— EXERCISE REQUIREMENTS —
Write out each entry once more so that it matches the original exactly.

— DATA UNDER STUDY —
--------------------

//! The tables that a processed thread would have.
ghost use Rattle.std.specs.Prelude.{◌≡◌, IfOk, map};
ghost use Rattle.prof_gecko.specs.Converted.{filled, number_cell, numbers_column, maybe_cell, minus_cell, truth_cell, shared_cells};

use crate::columns::StackColumns;
use crate::derived::Derived;
use prof_gecko_names::Func;
use prof_io::NoMemory;
use prof_raw::{CellList, RawColumn, RawShared, State, TableLength};
use std::alloc::{AllocError, Global};
use std::rc::Rc;

/// A column of these cells.
fn filled(alloc: Global, cells: Vec<Option<i64>>) -> RawColumn
    ensures { result ≡ filled cells.items }
{
    RawColumn {
        state: State::Array,
        values: CellList::of(alloc, cells),
        bad: None,
    }
}

fn number_cell(number: u32) -> Option<i64>
    ensures { result ≡ number_cell number }
{
    Some(i64::from(number))
}

fn maybe_cell(number: Option<u32>) -> Option<i64>
    ensures { result ≡ maybe_cell number }
{
    match number {
        Some(number) => Some(i64::from(number)),
        None => None,
    }
}

/// -1 stands for none.
fn minus_cell(number: Option<u32>) -> Option<i64>
    ensures { result ≡ minus_cell number }
{
    match number {
        Some(number) => Some(i64::from(number)),
        None => Some(-1),
    }
}

fn truth_cell(truth: bool) -> Option<i64>
    ensures { result ≡ truth_cell truth }
{
    if truth { Some(1) } else { Some(0) }
}

fn number_cells(alloc: Global, numbers: &[u32]) -> Result<Vec<Option<i64>>, AllocError>
    ensures { IfOk result (λ v. v.items ≡ map number_cell numbers.now) }
{
    numbers.iter().map(|n| number_cell(*n)).collect(alloc)
}

fn name_cells(alloc: Global, funcs: &[Func]) -> Result<Vec<Option<i64>>, AllocError>
    ensures { IfOk result (λ v. v.items ≡ map (λ f. number_cell f.name) funcs.now) }
{
    funcs.iter().map(|f| number_cell(f.name)).collect(alloc)
}

fn is_js_cells(alloc: Global, funcs: &[Func]) -> Result<Vec<Option<i64>>, AllocError>
    ensures { IfOk result (λ v. v.items ≡ map (λ f. truth_cell f.is_js) funcs.now) }
{
    funcs.iter().map(|f| truth_cell(f.is_js)).collect(alloc)
}

fn relevant_cells(alloc: Global, funcs: &[Func]) -> Result<Vec<Option<i64>>, AllocError>
    ensures { IfOk result (λ v. v.items ≡ map (λ f. truth_cell f.relevant_for_js) funcs.now) }
{
    funcs
        .iter()
        .map(|f| truth_cell(f.relevant_for_js))
        .collect(alloc)
}

fn resource_cells(alloc: Global, funcs: &[Func]) -> Result<Vec<Option<i64>>, AllocError>
    ensures { IfOk result (λ v. v.items ≡ map (λ f. minus_cell f.resource) funcs.now) }
{
    funcs.iter().map(|f| minus_cell(f.resource)).collect(alloc)
}

fn file_cells(alloc: Global, funcs: &[Func]) -> Result<Vec<Option<i64>>, AllocError>
    ensures { IfOk result (λ v. v.items ≡ map (λ f. maybe_cell f.file) funcs.now) }
{
    funcs.iter().map(|f| maybe_cell(f.file)).collect(alloc)
}

/// A column of numbers.
fn numbers_column(alloc: Global, numbers: &[u32]) -> Result<RawColumn, NoMemory>
    ensures { IfOk result (λ c. c ≡ numbers_column numbers.now) }
{
    Ok(filled(alloc, number_cells(alloc, numbers)?))
}

/// The columns of functions.
#[derive(Drop)]
struct FuncColumns {
    name: RawColumn,
    is_js: RawColumn,
    relevant_for_js: RawColumn,
    resource: RawColumn,
    file_name: RawColumn,
}

impl FuncColumns {
    fn of(alloc: Global, funcs: &[Func]) -> Result<Self, NoMemory>
        ensures name { IfOk result (λ c.
            c.name ≡ filled (map (λ f. number_cell f.name) funcs.now)) }
        ensures is_js { IfOk result (λ c.
            c.is_js ≡ filled (map (λ f. truth_cell f.is_js) funcs.now)) }
        ensures relevant_for_js { IfOk result (λ c.
            c.relevant_for_js ≡ filled (map (λ f. truth_cell f.relevant_for_js) funcs.now)) }
        ensures resource { IfOk result (λ c.
            c.resource ≡ filled (map (λ f. minus_cell f.resource) funcs.now)) }
        ensures file_name { IfOk result (λ c.
            c.file_name ≡ filled (map (λ f. maybe_cell f.file) funcs.now)) }
    {
        Ok(FuncColumns {
            name: filled(alloc, name_cells(alloc, funcs)?),
            is_js: filled(alloc, is_js_cells(alloc, funcs)?),
            relevant_for_js: filled(alloc, relevant_cells(alloc, funcs)?),
            resource: filled(alloc, resource_cells(alloc, funcs)?),
            file_name: filled(alloc, file_cells(alloc, funcs)?),
        })
    }
}

/// The tables that a processed thread would have.
pub(crate) fn shared_columns(
    alloc: Global,
    derived: Derived,
    category: RawColumn,
    stacks: StackColumns,
) -> Result<RawShared, NoMemory>
    ensures { IfOk result (λ raw.
        raw ≡ shared_cells derived.lists derived.numbers.items category stacks) }
{
    let Derived { lists, numbers } = derived;
    let resource_name = numbers_column(alloc, &lists.resources)?;
    let funcs = FuncColumns::of(alloc, &lists.funcs)?;
    let frame_func = numbers_column(alloc, &numbers)?;
    let strings = Rc::new(alloc, lists.strings)?;
    Ok(RawShared {
        strings,
        string_fault: None,
        has_resources: true,
        resource_name,
        resource_length: TableLength::Unsaid,
        func_name: funcs.name,
        func_is_js: funcs.is_js,
        func_relevant_for_js: funcs.relevant_for_js,
        func_resource: funcs.resource,
        func_file_name: funcs.file_name,
        func_length: TableLength::Unsaid,
        frame_func,
        frame_category: category,
        frame_length: TableLength::Unsaid,
        stack_frame: stacks.frame,
        stack_prefix: stacks.prefix,
        stack_length: TableLength::Unsaid,
    })
}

--------------------

— WRITTEN RESPONSE —
//! The tables that a processed thread would have.
ghost use Rattle.std.specs.Prelude.{◌≡◌, IfOk, map};
ghost use Rattle.prof_gecko.specs.Converted.{filled, number_cell, numbers_column, maybe_cell, minus_cell, truth_cell, shared_cells};

use crate::columns::StackColumns;
use crate::derived::Derived;
use prof_gecko_names::Func;
use prof_io::NoMemory;
use prof_raw::{CellList, RawColumn, RawShared, State, TableLength};
use std::alloc::{AllocError, Global};
use std::rc::Rc;

/// A column of these cells.
fn filled(alloc: Global, cells: Vec<Option<i64>>) -> RawColumn
    ensures { result ≡ filled cells.items }
{
    RawColumn {
        state: State::Array,
        values: CellList::of(alloc, cells),
        bad: None,
    }
}

fn number_cell(number: u32) -> Option<i64>
    ensures { result ≡ number_cell number }
{
    Some(i64::from(number))
}

fn maybe_cell(number: Option<u32>) -> Option<i64>
    ensures { result ≡ maybe_cell number }
{
    match number {
        Some(number) => Some(i64::from(number)),
        None => None,
    }
}

/// -1 stands for none.
fn minus_cell(number: Option<u32>) -> Option<i64>
    ensures { result ≡ minus_cell number }
{
    match number {
        Some(number) => Some(i64::from(number)),
        None => Some(-1),
    }
}

fn truth_cell(truth: bool) -> Option<i64>
    ensures { result ≡ truth_cell truth }
{
    if truth { Some(1) } else { Some(0) }
}

fn number_cells(alloc: Global, numbers: &[u32]) -> Result<Vec<Option<i64>>, AllocError>
    ensures { IfOk result (λ v. v.items ≡ map number_cell numbers.now) }
{
    numbers.iter().map(|n| number_cell(*n)).collect(alloc)
}

fn name_cells(alloc: Global, funcs: &[Func]) -> Result<Vec<Option<i64>>, AllocError>
    ensures { IfOk result (λ v. v.items ≡ map (λ f. number_cell f.name) funcs.now) }
{
    funcs.iter().map(|f| number_cell(f.name)).collect(alloc)
}

fn is_js_cells(alloc: Global, funcs: &[Func]) -> Result<Vec<Option<i64>>, AllocError>
    ensures { IfOk result (λ v. v.items ≡ map (λ f. truth_cell f.is_js) funcs.now) }
{
    funcs.iter().map(|f| truth_cell(f.is_js)).collect(alloc)
}

fn relevant_cells(alloc: Global, funcs: &[Func]) -> Result<Vec<Option<i64>>, AllocError>
    ensures { IfOk result (λ v. v.items ≡ map (λ f. truth_cell f.relevant_for_js) funcs.now) }
{
    funcs
        .iter()
        .map(|f| truth_cell(f.relevant_for_js))
        .collect(alloc)
}

fn resource_cells(alloc: Global, funcs: &[Func]) -> Result<Vec<Option<i64>>, AllocError>
    ensures { IfOk result (λ v. v.items ≡ map (λ f. minus_cell f.resource) funcs.now) }
{
    funcs.iter().map(|f| minus_cell(f.resource)).collect(alloc)
}

fn file_cells(alloc: Global, funcs: &[Func]) -> Result<Vec<Option<i64>>, AllocError>
    ensures { IfOk result (λ v. v.items ≡ map (λ f. maybe_cell f.file) funcs.now) }
{
    funcs.iter().map(|f| maybe_cell(f.file)).collect(alloc)
}

/// A column of numbers.
fn numbers_column(alloc: Global, numbers: &[u32]) -> Result<RawColumn, NoMemory>
    ensures { IfOk result (λ c. c ≡ numbers_column numbers.now) }
{
    Ok(filled(alloc, number_cells(alloc, numbers)?))
}

/// The columns of functions.
#[derive(Drop)]
struct FuncColumns {
    name: RawColumn,
    is_js: RawColumn,
    relevant_for_js: RawColumn,
    resource: RawColumn,
    file_name: RawColumn,
}

impl FuncColumns {
    fn of(alloc: Global, funcs: &[Func]) -> Result<Self, NoMemory>
        ensures name { IfOk result (λ c.
            c.name ≡ filled (map (λ f. number_cell f.name) funcs.now)) }
        ensures is_js { IfOk result (λ c.
            c.is_js ≡ filled (map (λ f. truth_cell f.is_js) funcs.now)) }
        ensures relevant_for_js { IfOk result (λ c.
            c.relevant_for_js ≡ filled (map (λ f. truth_cell f.relevant_for_js) funcs.now)) }
        ensures resource { IfOk result (λ c.
            c.resource ≡ filled (map (λ f. minus_cell f.resource) funcs.now)) }
        ensures file_name { IfOk result (λ c.
            c.file_name ≡ filled (map (λ f. maybe_cell f.file) funcs.now)) }
    {
        Ok(FuncColumns {
            name: filled(alloc, name_cells(alloc, funcs)?),
            is_js: filled(alloc, is_js_cells(alloc, funcs)?),
            relevant_for_js: filled(alloc, relevant_cells(alloc, funcs)?),
            resource: filled(alloc, resource_cells(alloc, funcs)?),
            file_name: filled(alloc, file_cells(alloc, funcs)?),
        })
    }
}

/// The tables that a processed thread would have.
pub(crate) fn shared_columns(
    alloc: Global,
    derived: Derived,
    category: RawColumn,
    stacks: StackColumns,
) -> Result<RawShared, NoMemory>
    ensures { IfOk result (λ raw.
        raw ≡ shared_cells derived.lists derived.numbers.items category stacks) }
{
    let Derived { lists, numbers } = derived;
    let resource_name = numbers_column(alloc, &lists.resources)?;
    let funcs = FuncColumns::of(alloc, &lists.funcs)?;
    let frame_func = numbers_column(alloc, &numbers)?;
    let strings = Rc::new(alloc, lists.strings)?;
    Ok(RawShared {
        strings,
        string_fault: None,
        has_resources: true,
        resource_name,
        resource_length: TableLength::Unsaid,
        func_name: funcs.name,
        func_is_js: funcs.is_js,
        func_relevant_for_js: funcs.relevant_for_js,
        func_resource: funcs.resource,
        func_file_name: funcs.file_name,
        func_length: TableLength::Unsaid,
        frame_func,
        frame_category: category,
        frame_length: TableLength::Unsaid,
        stack_frame: stacks.frame,
        stack_prefix: stacks.prefix,
        stack_length: TableLength::Unsaid,
    })
}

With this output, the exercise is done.